Dépasser les conflits inutiles

1. « La métalogie » inventorie, perfectionne et met en œuvre les moyens dont nous disposons pour « dépasser les conflits inutiles ».

2. Elle n’a aucune prétention à établir « la paix dans le monde » et récuse même l’idée qu’on puisse y parvenir.

3. Son approche, strictement négative (« dépasser »), locale ou multi-locale (« les conflits ») et circonstanciée (ne traiter que des conflits « inutiles »), est nécessaire pour éviter les paradoxes induits par toutes les formes d’absolu, même celles qu’on croit « positives », par exemple le Bonheur, la Vérité, le Salut et même la Paix.

N.B. C’est pour des raisons similaires que, depuis le IV° siècle, la théologie chrétienne est essentiellement « négative ».

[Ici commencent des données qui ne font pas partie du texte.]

impl<L: Ledger> ChassisCore<L> {
    /// Opens a chassis: each port with no units, in standby, all licences free, and all hands empty.
    /// `OpenFault::Limit` where the configuration is outside its limits or admits a serial number twice, on one port
    /// or on two; else `OutOfMemory`.
    ///
    /// `blank` is a new ledger of `MAX_LICENCES` parts, made by `Blank::new`, and `L` its name.
    pub fn begin(
        alloc: Global,
        blank: Blank,
        config: &ChassisConfig,
    ) -> Result<ChassisCore<L>, OpenFault>
        requires name { blank.name ≡ L.name }
        requires parts { (blank.parts ≡ L.parts) × (L.parts ≡ MAX_LICENCES) }
        ensures ok { IfOk result
            (λ core. core ≡ core_opened config.now.ports.items config.now.licences config.now.journal_limit) }
        ensures world { IfOk result (λ core. world_of core ≡ world_opened config.now.ports.items config.now.licences) }
        ensures limit { IsWithin config.now → result ≡ Err OpenFault.Limit → ⊥ }
        ensures outside { (IsWithin config.now → ⊥) → result ≡ Err OpenFault.Limit }
    {
        if !config.is_within(alloc) {
            return Err(OpenFault::Limit);
        }
        let book = LicenceBook::new(blank, config.licences);
        let opened = open_desks(alloc, config.ports.as_slice(), config.journal_limit, book);
        let (desks, book) = match opened {
            Ok(opened) => opened,
            Err(fault) => return Err(fault),
        };
        let Ok(hands) = empty_hands(alloc) else {
            close_desks(desks, book).close(Licences::none());
            return Err(OpenFault::OutOfMemory);
        };
        Ok(ChassisCore { desks, book, hands })
    }

    /// States what holds of a chassis whatever was called: each port came to where it stands by the entries that its
    /// journal keeps, no two active units of a port share an ONU-ID or an Alloc-ID and a disabled serial number holds
    /// none, each licence is free, in an actor's hands or with an active unit, and so there are no more active units
    /// than licences.
    pub fn stands(&self)
        ensures all { Stands self.now }
        ensures apart { All HoldsApart (world_of self.now).ports }
        ensures few { units_of (world_of self.now) ≤ self.now.licences }
    {
        // The invariant is known once a field is looked at.
        let _ = &self.book;
    }

    /// Tells how many ports there are.
    pub fn ports(&self) -> usize
        ensures { result ≡ length self.now.desks }
    {
        self.desks.len()
    }

    /// Gives the port with this number and its journal, if it is there.
    pub fn desk(&self, port: u8) -> Option<&PortDesk<L>>
        ensures { MatchOption result (slice_get self.now.desks port ≡ None)
            (λ desk. slice_get self.now.desks port ≡ Some desk.now) }
    {
        if usize::from(port) >= self.desks.len() {
            return None;
        }
        Some(&self.desks[usize::from(port)])
    }

    /// Tells how many licences are free: neither in an actor's hands nor with an active unit.
    pub fn free(&self) -> u32
        ensures { result ≡ self.now.free }
    {
        self.book.free()
    }

    /// Takes one licence into the actor's hands, if they are empty and one is free, and tells how many are then in
    /// them. The only fault is `NoActor`. It takes no memory.
    pub fn take(&mut self, actor: u8) -> Result<u32, CoreFault>
        ensures ok { OnOk result (self.new ≡ with_licences self.old (taken actor (world_of self.old))) }
        ensures step { OnOk result (ChassisStep (Take actor) (world_of self.old) (world_of self.new)) }
        ensures count { IfOk result (λ count. count ≡ hand (world_of self.new) actor) }
        ensures err { OnErr result (self.new ≡ self.old) }
        ensures no_actor { (result ≡ Err CoreFault.NoActor) ↔ (actors ≤ actor) }
        ensures only { IfErr result (λ fault. fault ≡ CoreFault.NoActor) }
    {
        let actor = usize::from(actor);
        if actor >= self.hands.len() {
            return Err(CoreFault::NoActor);
        }
        self.take_in(actor);
        Ok(self.hands[actor].count())
    }

    /// Makes one step of a port with all that is in the actor's hands, and records it; what the port leaves is then
    /// in them.
    pub fn step(&mut self, actor: u8, port: u8, event: Event) -> Result<Receipt, CoreFault>
        ensures ok { IfOk result (λ receipt. CoreServes self.old self.new actor port event receipt) }
        ensures step { IfOk result
            (λ receipt. ChassisStep (Port actor port receipt.entry) (world_of self.old) (world_of self.new)) }
        ensures proper { IfOk result (λ receipt. ForSome receipt.entry.answer.sent IsProperDown) }
        ensures err { OnErr result (self.new ≡ self.old) }
        ensures no_actor { (result ≡ Err CoreFault.NoActor) ↔ (actors ≤ actor) }
        ensures no_port { (result ≡ Err CoreFault.NoPort) ↔ ((actor < actors) × (length self.old.desks ≤ port)) }
        ensures full { (actor < actors) → port < length self.old.desks
            → IfErr result (λ fault. (fault ≡ CoreFault.JournalFull) ↔ IsFullAt self.old port) }
    {
        let actor = usize::from(actor);
        if actor >= self.hands.len() {
            return Err(CoreFault::NoActor);
        }
        if usize::from(port) >= self.desks.len() {
            return Err(CoreFault::NoPort);
        }
        let number = self.serve_from(actor, port, event, None)?;
        Ok(self.last_receipt(port, number))
    }

    /// Makes all that is in the actor's hands free again. The only fault is `NoActor`. It takes no memory.
    pub fn give(&mut self, actor: u8) -> Result<(), CoreFault>
        ensures ok { OnOk result (self.new ≡ with_licences self.old (given actor (world_of self.old))) }
        ensures step { OnOk result (ChassisStep (Give actor) (world_of self.old) (world_of self.new)) }
        ensures err { OnErr result (self.new ≡ self.old) }
        ensures no_actor { (result ≡ Err CoreFault.NoActor) ↔ (actors ≤ actor) }
        ensures only { IfErr result (λ fault. fault ≡ CoreFault.NoActor) }
    {
        let actor = usize::from(actor);
        if actor >= self.hands.len() {
            return Err(CoreFault::NoActor);
        }
        self.give_from(actor);
        Ok(())
    }

    /// Serves an event as actor 0: takes a licence for a burst, makes the port's step, and gives back what it leaves.
    /// A burst is handed no licence only where none is free.
    pub fn apply(&mut self, port: u8, event: Event) -> Result<Receipt, CoreFault>
        ensures ok { IfOk result (λ receipt. AppliesWishing self.old self.new port event None receipt) }
        ensures fault { FailsAt self.old self.new port (result_err result) }
    {
        let number = self.apply_in_place(port, event, None)?;
        Ok(self.last_receipt(port, number))
    }

    /// Does the same, and hands out the wished number where it is free and one is handed out.
    pub fn apply_wishing(
        &mut self,
        port: u8,
        event: Event,
        wished: Option<u16>,
    ) -> Result<Receipt, CoreFault>
        ensures ok { IfOk result (λ receipt. AppliesWishing self.old self.new port event wished receipt) }
        ensures fault { FailsAt self.old self.new port (result_err result) }
    {
        let number = self.apply_in_place(port, event, wished)?;
        Ok(self.last_receipt(port, number))
    }

    /// Does the same, and gives the number of the entry alone, which `last_entry` then lends.
    pub fn apply_in_place(
        &mut self,
        port: u8,
        event: Event,
        wished: Option<u16>,
    ) -> Result<u64, CoreFault>
        ensures ok { IfOk result (λ number. CoreAppliesInPlace self.old self.new port event wished number) }
        ensures fault { FailsAt self.old self.new port (result_err result) }
    {
        if usize::from(port) >= self.desks.len() {
            return Err(CoreFault::NoPort);
        }
        let before = self.hands[0].count();
        self.lend(&event);
        match self.serve_from(0, port, event, wished) {
            Ok(number) => {
                self.give_from(0);
                Ok(number)
            }
            Err(fault) => {
                if self.hands[0].count() != before {
                    self.give_from(0);
                }
                Err(fault)
            }
        }
    }

    /// Lends the last entry that the journal of this port keeps, if the port is there and its journal keeps one.
    pub fn last_entry(&self, port: u8) -> Option<&Entry>
        ensures { MatchOption result (last_kept_at self.now port ≡ None)
            (λ entry. last_kept_at self.now port ≡ Some entry.now) }
    {
        if usize::from(port) >= self.desks.len() {
            return None;
        }
        self.desks[usize::from(port)].last_entry()
    }

    /// Hands out what a port's journal keeps, and begins it anew after that: the next entry has the next number. The
    /// faults are `NoPort` and `OutOfMemory`.
    pub fn cut(&mut self, alloc: Global, port: u8) -> Result<Piece, CoreFault>
        ensures ok { IfOk result (λ piece. CoreCuts self.old self.new port piece) }
        ensures joins { IfOk result (λ piece. JoinsAt self.new port piece) }
        ensures world { world_of self.new ≡ world_of self.old }
        ensures err { OnErr result (self.new ≡ self.old) }
        ensures no_port { (result ≡ Err CoreFault.NoPort) ↔ (length self.old.desks ≤ port) }
        ensures only { IfErr result (λ fault. (fault ≡ CoreFault.NoActor → ⊥) × (fault ≡ CoreFault.JournalFull → ⊥)) }
    {
        let port = usize::from(port);
        if port >= self.desks.len() {
            return Err(CoreFault::NoPort);
        }
        let desk = &mut self.desks[port];
        let Ok(piece) = desk.cut(alloc) else {
            return Err(CoreFault::OutOfMemory);
        };
        Ok(piece)
    }

    /// Ends the chassis, and tells how many licences came back: all that it was opened with. It takes no memory.
    pub fn close(self) -> u32
        ensures licences { result ≡ self.licences }
        ensures stands { Stands self }
    {
        let ChassisCore { desks, book, hands } = self;
        close_desks(desks, give_hands(hands, book)).close(Licences::none())
    }

    /// Takes one licence into the actor's hands, if they are empty and one is free.
    fn take_in(&mut self, actor: usize)
        requires { actor < length self.old.hands }
        ensures { self.new ≡ with_licences self.old (taken actor (world_of self.old)) }
    {
        if self.hands[actor].count() == 0 && self.book.free() > 0 {
            let one = self.book.take();
            put(&mut self.hands, actor, one);
        }
    }

    /// Makes all that is in the actor's hands free again.
    fn give_from(&mut self, actor: usize)
        requires { actor < length self.old.hands }
        ensures { self.new ≡ with_licences self.old (given actor (world_of self.old)) }
    {
        let back = pull(&mut self.hands, actor);
        self.book.give(back);
    }

    /// Takes a licence into the hands of actor 0 for a burst.
    fn lend(&mut self, event: &Event)
        requires { 0 < length self.old.hands }
        ensures { self.new ≡ lent event.now self.old }
    {
        if let Event::Burst { .. } = event {
            self.take_in(0);
        }
    }

    /// Has the desk of a port serve an event with all that is in the actor's hands, and hand out the wished number
    /// where it can. The entry then stands in the port's journal, and its number is told.
    fn serve_from(
        &mut self,
        actor: usize,
        port: u8,
        event: Event,
        wished: Option<u16>,
    ) -> Result<u64, CoreFault>
        requires actor { actor < length self.old.hands }
        requires port { port < length self.old.desks }
        ensures ok { IfOk result (λ number. CoreServesInPlace self.old self.new actor port event wished number) }
        ensures err { OnErr result (self.new ≡ self.old) }
        ensures full { IfErr result (λ fault. (fault ≡ CoreFault.JournalFull) ↔ IsFullAt self.old port) }
        ensures only { IfErr result (λ fault. (fault ≡ CoreFault.NoActor → ⊥) × (fault ≡ CoreFault.NoPort → ⊥)) }
    {
        let purse = pull(&mut self.hands, actor);
        let desk = &mut self.desks[usize::from(port)];
        match desk.serve_in_place(purse, event, wished) {
            Ok((number, rest)) => {
                put(&mut self.hands, actor, rest);
                Ok(number)
            }
            Err((fault, purse)) => {
                put(&mut self.hands, actor, purse);
                Err(fault_of(fault))
            }
        }
    }

    /// Gives the receipt of the last entry that the journal of this port keeps, with this number of the entry.
    #[inline(always)]
    fn last_receipt(&self, port: u8, number: u64) -> Receipt
        requires { last_kept_at self.now port ≡ None → ⊥ }
        ensures port { result.port ≡ port }
        ensures number { result.number ≡ number }
        ensures entry { last_kept_at self.now port ≡ Some result.entry }
    {
        self.desks[usize::from(port)].last_receipt(port, number)
    }
}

4. « Dépasser les conflits inutiles » ?
Explorons chacun de ces termes…
Dépasser : la démarche métalogique s’attache prioritairement à des conflits constatés ou, du moins, émergents.
Conflits: pour qu’il y ait conflit, il faut que les acteurs concernés poursuivent des objectifs qui leurs semblent incompatibles.
Inutiles : ces conflits peuvent être « dépassés ». Encore faut-il que les acteurs le croient, le choisissent ensemble et agissent en conséquence. « Inutiles » sont alors les conflits qu’on a décidé de dépasser, de même que les conflits passés devenus sans objet.

5. Est-ce à dire que certains conflits sont « utiles » ?
Oui, du point de vue de ceux qui, pris dedans, s’efforcent de prévaloir.
Il suffit qu’un seul d’entre nous déclare qu’un conflit est utile, ou le sera un jour, pour qu’il nous faille déclarer : « Oui, certains conflits sont utiles à certains ».

6. Mais qui peut déclarer que tel conflit est utile ?
Celui-là seul qui y est engagé, qu’il en revendique ou non la responsabilité.
Pourquoi « celui-là » et pas « ceux-là » ? Parce qu’il suffit qu’un seul déclare un conflit pour qu’il y en ait un, et parce que cette décision est à prendre, à son niveau, par chacun.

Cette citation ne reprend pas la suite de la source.